Boosting gets full Attention for Relational Learning
Mathieu Guillame-Bert, Richard Nock
TL;DR
This work tackles learning from relational data described by multiple interrelated tables, a setting where traditional tabular approaches struggle to exploit topology. It introduces Relational GBDT, a two-pass gradient-boosted framework that integrates a schema-aware attention mechanism to propagate relational signals across tables, enabling a final tree to be learned on a complete feature set. The method combines a top-down stage of simple table-wise models with a bottom-up attention-based aggregation, and supports non-differentiable weak learners, offering interpretability through feature and relational signal insights.

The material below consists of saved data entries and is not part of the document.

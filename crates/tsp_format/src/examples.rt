//! Laws that state values of the definitions in `specs/`, worked out by hand: words, blanks, cells
//! of small layouts, and limits. No code calls them. If someone makes the same mistake in a
//! definition and in the code, every contract still holds, but one of these laws fails, so a new
//! word or layout needs a row here.

ghost use Rattle.std.specs.Prelude.{◌≡◌, ◌-◌, ◌*◌, ◌^◌, true, false, [], ◌∷◌, length, None, Some, pos, negsuc, codes};
ghost use Rattle.tsp_format.specs.declared.keyword.Field.TheVariants as fields;
ghost use Rattle.tsp_format.specs.declared.keyword.Shape.TheVariants as shapes;
ghost use Rattle.tsp_format.specs.declared.keyword.ValueShape.TheVariants as values;
ghost use Rattle.tsp_format.specs.declared.keyword.Keyword.TheVariants as keywords;
ghost use Rattle.tsp_format.specs.declared.kinds.Kind.TheVariants as kinds;
ghost use Rattle.tsp_format.specs.declared.kinds.WeightKind.TheVariants as weight_kinds;
ghost use Rattle.tsp_format.specs.declared.kinds.WeightFormat.TheVariants as formats;
ghost use Rattle.tsp_format.specs.declared.kinds.CoordKind.TheVariants as coord_kinds;
ghost use Rattle.tsp_format.specs.declared.kinds.DisplayKind.TheVariants as display_kinds;
ghost use Rattle.tsp_format.specs.declared.layout.Layout.TheVariants as layouts;
ghost use Rattle.tsp_format.specs.Words.{is_blank, is_letter, is_keyword_byte, IsFirstAsymmetric, layout_word, is_spatial, field_word, kind_word, weight_kind_word, weight_format_word, coord_kind_word, display_kind_word, fields_in_order};
ghost use Rattle.tsp_format.specs.Limits.{keyword_of, shape_of, value_shape_of};
ghost use Rattle.tsp_format.specs.Limits as limits;
ghost use Rattle.tsp_format.specs.Examples.{StandsAt, CellsAre, by_rows};

/// The fields in canonical order, and their words.
pub fn examples_of_fields()
    ensures name { StandsAt 1 fields.NameKey (codes "NAME") }
    ensures kind { StandsAt 2 fields.TypeKey (codes "TYPE") }
    ensures comment { StandsAt 3 fields.CommentKey (codes "COMMENT") }
    ensures others { field_word fields.OtherKey ≡ codes "others" }
    ensures dimension { StandsAt 5 fields.DimensionKey (codes "DIMENSION") }
    ensures capacity { StandsAt 6 fields.CapacityKey (codes "CAPACITY") }
    ensures scale { StandsAt 7 fields.ScaleKey (codes "SCALE") }
    ensures load_unit { StandsAt 8 fields.LoadUnitKey (codes "LOAD_UNIT") }
    ensures weight_type { StandsAt 9 fields.EdgeWeightTypeKey (codes "EDGE_WEIGHT_TYPE") }
    ensures weight_format { StandsAt 10 fields.EdgeWeightFormatKey (codes "EDGE_WEIGHT_FORMAT") }
    ensures coord_type { StandsAt 11 fields.NodeCoordTypeKey (codes "NODE_COORD_TYPE") }
    ensures display_type { StandsAt 12 fields.DisplayDataTypeKey (codes "DISPLAY_DATA_TYPE") }
    ensures coords { StandsAt 13 fields.NodeCoordPart (codes "NODE_COORD_SECTION") }
    ensures display { StandsAt 14 fields.DisplayDataPart (codes "DISPLAY_DATA_SECTION") }
    ensures demands { StandsAt 15 fields.DemandPart (codes "DEMAND_SECTION") }
    ensures depots { StandsAt 16 fields.DepotPart (codes "DEPOT_SECTION") }
    ensures fixed { StandsAt 17 fields.FixedEdgesPart (codes "FIXED_EDGES_SECTION") }
    ensures weights { StandsAt 18 fields.EdgeWeightPart (codes "EDGE_WEIGHT_SECTION") }
    ensures tours { StandsAt 19 fields.TourPart (codes "TOUR_SECTION") }
    ensures node_potentials { StandsAt 20 fields.NodePotentialPart
        (codes "NODE_POTENTIAL_SECTION") }
    ensures row_potentials { StandsAt 21 fields.RowPotentialPart (codes "ROW_POTENTIAL_SECTION") }
    ensures column_potentials { StandsAt 22 fields.ColumnPotentialPart
        (codes "COLUMN_POTENTIAL_SECTION") }
    ensures fixed_potentials { StandsAt 23 fields.FixedEdgePotentialPart
        (codes "FIXED_EDGE_POTENTIAL_SECTION") }
    ensures families { StandsAt 24 fields.FamilyPart (codes "COMB_SECTION") }
    ensures memories { StandsAt 25 fields.MemoryPart (codes "MEMORY_SECTION") }
    ensures subset_rows { StandsAt 26 fields.SubsetRowPart (codes "SUBSET_ROW_SECTION") }
    ensures branches { StandsAt 27 fields.BranchPart (codes "BRANCH_SECTION") }
    ensures no_more { length fields_in_order ≡ 27 }
{}

/// What keywords mean that aren't the word of a field, and what bytes are.
pub fn examples_of_bytes()
    ensures other_word { keyword_of (codes "FIXED_EDGES") ≡ keywords.Known fields.FixedEdgesPart }
    ensures data_format { keyword_of (codes "EDGE_DATA_FORMAT") ≡ keywords.EdgeDataFormat }
    ensures data { keyword_of (codes "EDGE_DATA_SECTION") ≡ keywords.EdgeDataSection }
    ensures end { keyword_of (codes "EOF") ≡ keywords.Eof }
    ensures no_word_of_fields { keyword_of (codes "others") ≡ keywords.Unknown }
    ensures small_letters { keyword_of (codes "name") ≡ keywords.Unknown }
    ensures no_word { keyword_of (codes "NAM") ≡ keywords.Unknown }
    ensures tab { is_blank 9 ≡ true }
    ensures line_end { is_blank 10 ≡ false }
    ensures line_tab { is_blank 11 ≡ true }
    ensures form_feed { is_blank 12 ≡ true }
    ensures return_byte { is_blank 13 ≡ true }
    ensures blank { is_blank 32 ≡ true }
    ensures zero_byte { is_blank 0 ≡ false }
    ensures before_letters { is_letter 64 ≡ false }
    ensures first_letter { is_letter 65 ≡ true }
    ensures last_letter { is_letter 90 ≡ true }
    ensures between_letters { is_letter 91 ≡ false }
    ensures before_small_letters { is_letter 96 ≡ false }
    ensures first_small_letter { is_letter 97 ≡ true }
    ensures last_small_letter { is_letter 122 ≡ true }
    ensures after_letters { is_letter 123 ≡ false }
    ensures colon { is_keyword_byte 58 ≡ false }
    ensures end_of_keyword { is_keyword_byte 10 ≡ false }
    ensures blank_in_keyword { is_keyword_byte 12 ≡ false }
    ensures digit_in_keyword { is_keyword_byte 48 ≡ true }
{}

/// The words of the values of keywords.
pub fn examples_of_words()
    ensures tsp { kind_word kinds.Tsp ≡ codes "TSP" }
    ensures atsp { kind_word kinds.Atsp ≡ codes "ATSP" }
    ensures cvrp { kind_word kinds.Cvrp ≡ codes "CVRP" }
    ensures tour { kind_word kinds.Tour ≡ codes "TOUR" }
    ensures potentials { kind_word kinds.Potentials ≡ codes "POTENTIALS" }
    ensures branches { kind_word kinds.Branches ≡ codes "BRANCHES" }
    ensures explicit { weight_kind_word weight_kinds.Explicit ≡ codes "EXPLICIT" }
    ensures euc { weight_kind_word weight_kinds.Euc2d ≡ codes "EUC_2D" }
    ensures ceil { weight_kind_word weight_kinds.Ceil2d ≡ codes "CEIL_2D" }
    ensures man { weight_kind_word weight_kinds.Man2d ≡ codes "MAN_2D" }
    ensures max { weight_kind_word weight_kinds.Max2d ≡ codes "MAX_2D" }
    ensures att { weight_kind_word weight_kinds.Att ≡ codes "ATT" }
    ensures euc_in_space { weight_kind_word weight_kinds.Euc3d ≡ codes "EUC_3D" }
    ensures man_in_space { weight_kind_word weight_kinds.Man3d ≡ codes "MAN_3D" }
    ensures max_in_space { weight_kind_word weight_kinds.Max3d ≡ codes "MAX_3D" }
    ensures function { weight_format_word formats.ByFunction ≡ codes "FUNCTION" }
    ensures listed { weight_format_word (formats.Listed layouts.UpperCol) ≡ codes "UPPER_COL" }
    ensures full { layout_word layouts.FullMatrix ≡ codes "FULL_MATRIX" }
    ensures upper_row { layout_word layouts.UpperRow ≡ codes "UPPER_ROW" }
    ensures lower_row { layout_word layouts.LowerRow ≡ codes "LOWER_ROW" }
    ensures upper_diag_row { layout_word layouts.UpperDiagRow ≡ codes "UPPER_DIAG_ROW" }
    ensures lower_diag_row { layout_word layouts.LowerDiagRow ≡ codes "LOWER_DIAG_ROW" }
    ensures upper_col { layout_word layouts.UpperCol ≡ codes "UPPER_COL" }
    ensures lower_col { layout_word layouts.LowerCol ≡ codes "LOWER_COL" }
    ensures upper_diag_col { layout_word layouts.UpperDiagCol ≡ codes "UPPER_DIAG_COL" }
    ensures lower_diag_col { layout_word layouts.LowerDiagCol ≡ codes "LOWER_DIAG_COL" }
    ensures two_numbers { coord_kind_word coord_kinds.TwoD ≡ codes "TWOD_COORDS" }
    ensures three_numbers { coord_kind_word coord_kinds.ThreeD ≡ codes "THREED_COORDS" }
    ensures no_coords { coord_kind_word coord_kinds.NoCoords ≡ codes "NO_COORDS" }
    ensures shown_by_coords { display_kind_word display_kinds.Coord ≡ codes "COORD_DISPLAY" }
    ensures shown_in_plane { display_kind_word display_kinds.TwoD ≡ codes "TWOD_DISPLAY" }
    ensures not_shown { display_kind_word display_kinds.NoDisplay ≡ codes "NO_DISPLAY" }
{}

/// Which pairs the layouts list, in which order, and the first pair whose costs differ.
#[tactic(auto, unfolding(crate::specs::Nodes::cells, crate::specs::Nodes::nodes_to))]
pub fn examples_of_cells()
    ensures full { CellsAre layouts.FullMatrix 2 (11 ∷ 12 ∷ 21 ∷ 22 ∷ []) }
    ensures upper_row { CellsAre layouts.UpperRow 4 (12 ∷ 13 ∷ 14 ∷ 23 ∷ 24 ∷ 34 ∷ []) }
    ensures lower_row { CellsAre layouts.LowerRow 4 (21 ∷ 31 ∷ 32 ∷ 41 ∷ 42 ∷ 43 ∷ []) }
    ensures upper_col { CellsAre layouts.UpperCol 4 (12 ∷ 13 ∷ 23 ∷ 14 ∷ 24 ∷ 34 ∷ []) }
    ensures lower_col { CellsAre layouts.LowerCol 4 (21 ∷ 31 ∷ 41 ∷ 32 ∷ 42 ∷ 43 ∷ []) }
    ensures upper_diag_row { CellsAre layouts.UpperDiagRow 3 (11 ∷ 12 ∷ 13 ∷ 22 ∷ 23 ∷ 33 ∷ []) }
    ensures lower_diag_row { CellsAre layouts.LowerDiagRow 3 (11 ∷ 21 ∷ 22 ∷ 31 ∷ 32 ∷ 33 ∷ []) }
    ensures upper_diag_col { CellsAre layouts.UpperDiagCol 3 (11 ∷ 12 ∷ 22 ∷ 13 ∷ 23 ∷ 33 ∷ []) }
    ensures lower_diag_col { CellsAre layouts.LowerDiagCol 3 (11 ∷ 21 ∷ 31 ∷ 22 ∷ 32 ∷ 33 ∷ []) }
{}

/// The limits, as powers of ten and of two.
pub fn examples_of_limits()
    ensures nodes { limits.most_nodes ≡ 10 ^ 5 }
    ensures matrix_nodes { limits.most_matrix_nodes ≡ 5 * 10 ^ 3 }
    ensures coordinate { limits.most_coordinate ≡ 10 ^ 18 }
    ensures weight { limits.most_weight ≡ 10 ^ 12 }
    ensures demand { limits.most_demand ≡ 10 ^ 9 }
    ensures capacity { limits.most_capacity ≡ 10 ^ 12 }
    ensures scale { limits.most_scale ≡ 10 ^ 6 }
    ensures load_unit { limits.most_load_unit ≡ 10 ^ 12 }
    ensures potential { limits.most_potential ≡ 10 ^ 15 }
    ensures word_bytes { limits.most_word_bytes ≡ 2 ^ 6 }
    ensures line_bytes { limits.most_line_bytes ≡ 2 ^ 12 }
    ensures kept_bytes { limits.most_kept_bytes ≡ 4 * 10 ^ 3 }
    ensures comments { limits.most_comments ≡ 10 ^ 3 }
    ensures others { limits.most_others ≡ 10 ^ 3 }
    ensures depots { limits.most_depots ≡ 10 ^ 5 }
    ensures fixed { limits.most_fixed ≡ 10 ^ 5 }
    ensures multipliers { limits.most_triples ≡ 10 ^ 5 }
    ensures multiplier { limits.most_multiplier ≡ 10 ^ 15 }
    ensures tour_nodes { limits.most_tour_nodes ≡ 10 ^ 6 }
    ensures families { limits.most_families ≡ 10 ^ 4 }
    ensures family_nodes { limits.most_family_nodes ≡ 10 ^ 6 }
    ensures rows { limits.most_rows ≡ 10 ^ 4 }
    ensures branches { limits.most_branches ≡ 10 ^ 6 }
    ensures changes { limits.most_changes ≡ 10 ^ 7 }
    ensures difference { limits.most_difference ≡ 2 * 10 ^ 15 }
    ensures file_bytes { limits.most_file_bytes ≡ 2 ^ 30 }
    ensures demands_from_zero { shape_of false fields.DemandPart
        ≡ Some (shapes.Numbers (pos 0) (pos (10 ^ 9))) }
    ensures potentials_both_ways { shape_of false fields.NodePotentialPart
        ≡ Some (shapes.Numbers (negsuc (10 ^ 15 - 1)) (pos (10 ^ 15))) }
    ensures rows_both_ways { shape_of false fields.RowPotentialPart
        ≡ Some (shapes.Numbers (negsuc (10 ^ 15 - 1)) (pos (10 ^ 15))) }
    ensures columns_both_ways { shape_of false fields.ColumnPotentialPart
        ≡ Some (shapes.Numbers (negsuc (10 ^ 15 - 1)) (pos (10 ^ 15))) }
    ensures lists_of_nodes { shape_of true fields.MemoryPart ≡ Some shapes.Memories }
    ensures rows_of_nodes { shape_of false fields.SubsetRowPart ≡ Some shapes.SubsetRows }
    ensures no_shape { shape_of true fields.ScaleKey ≡ None }
    ensures nodes_from_one { value_shape_of fields.DimensionKey
        ≡ Some (values.Number (pos 1) (pos (10 ^ 5))) }
    ensures capacity_from_one { value_shape_of fields.CapacityKey
        ≡ Some (values.Number (pos 1) (pos (10 ^ 12))) }
    ensures scale_from_one { value_shape_of fields.ScaleKey
        ≡ Some (values.Number (pos 1) (pos (10 ^ 6))) }
    ensures load_unit_from_one { value_shape_of fields.LoadUnitKey
        ≡ Some (values.Number (pos 1) (pos (10 ^ 12))) }
    ensures one_name { value_shape_of fields.NameKey ≡ Some values.Kept }
    ensures each_comment { value_shape_of fields.CommentKey ≡ Some values.KeptEach }
    ensures type_by_word { value_shape_of fields.TypeKey ≡ Some values.Word }
    ensures no_value { value_shape_of fields.DemandPart ≡ None }
{}

/// When a file is spatial, and which of its sections then has points with three coordinates.
pub fn examples_of_space()
    ensures by_coords { is_spatial (Some coord_kinds.ThreeD) (Some weight_kinds.Euc2d) ≡ true }
    ensures by_straight_way { is_spatial None (Some weight_kinds.Euc3d) ≡ true }
    ensures by_sum { is_spatial (Some coord_kinds.NoCoords) (Some weight_kinds.Man3d) ≡ true }
    ensures by_longest_way { is_spatial (Some coord_kinds.TwoD) (Some weight_kinds.Max3d) ≡ true }
    ensures in_plane { is_spatial (Some coord_kinds.TwoD) (Some weight_kinds.Att) ≡ false }
    ensures listed { is_spatial (Some coord_kinds.NoCoords) (Some weight_kinds.Explicit) ≡ false }
    ensures nothing_said { is_spatial None None ≡ false }
    ensures nodes_in_space { shape_of true fields.NodeCoordPart ≡ Some shapes.SpacePoints }
    ensures nodes_in_plane { shape_of false fields.NodeCoordPart ≡ Some shapes.Points }
    ensures display_in_plane { shape_of true fields.DisplayDataPart ≡ Some shapes.Points }
{}

/// The first pair of three nodes whose two costs differ.
pub fn examples_of_asymmetric_costs()
    ensures first_pair { IsFirstAsymmetric 3
        (by_rows (pos 0 ∷ pos 1 ∷ pos 3 ∷ pos 2 ∷ pos 0 ∷ pos 4 ∷ pos 3 ∷ pos 5 ∷ [])) (1, 2) }
    ensures last_pair { IsFirstAsymmetric 3
        (by_rows (pos 0 ∷ pos 1 ∷ pos 3 ∷ pos 1 ∷ pos 0 ∷ pos 4 ∷ pos 3 ∷ pos 5 ∷ [])) (2, 3) }
    ensures rows_first { IsFirstAsymmetric 3
        (by_rows (pos 0 ∷ pos 1 ∷ pos 3 ∷ pos 1 ∷ pos 0 ∷ pos 4 ∷ pos 4 ∷ pos 5 ∷ [])) (1, 3) }
{}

Empirically, Relational GBDT achieves competitive or superior performance across synthetic and real-world relational datasets (synthetic, financial, mutagenesis, arXiv, SST2), often surpassing flattening baselines and traditional tree- or neural-based methods, with notable interpretability advantages for understanding cross-table dependencies.
Abstract
More often than not in benchmark supervised ML, tabular data is flat, i.e. consists of a single $m \times d$ (rows, columns) file, but cases abound in the real world where observations are described by a set of tables with structural relationships. Neural nets-based deep models are a classical fit to incorporate general topological dependence among description features (pixels, words, etc.), but their suboptimality to tree-based models on tabular data is still well documented. In this paper, we introduce an attention mechanism for structured data that blends well with tree-based models in the training context of (gradient) boosting. Each aggregated model is a tree whose training involves two steps: first, simple tabular models are learned descending tables in a top-down fashion with boosting's class residuals on tables' features. Second, what has been learned progresses back bottom-up via attention and aggregation mechanisms, progressively crafting new features that complete at the end the set of observation features over which a single tree is learned, boosting's iteration clock is incremented and new class residuals are computed. Experiments on simulated and real-world domains display the competitiveness of our method against a state of the art containing both tree-based and neural nets-based models.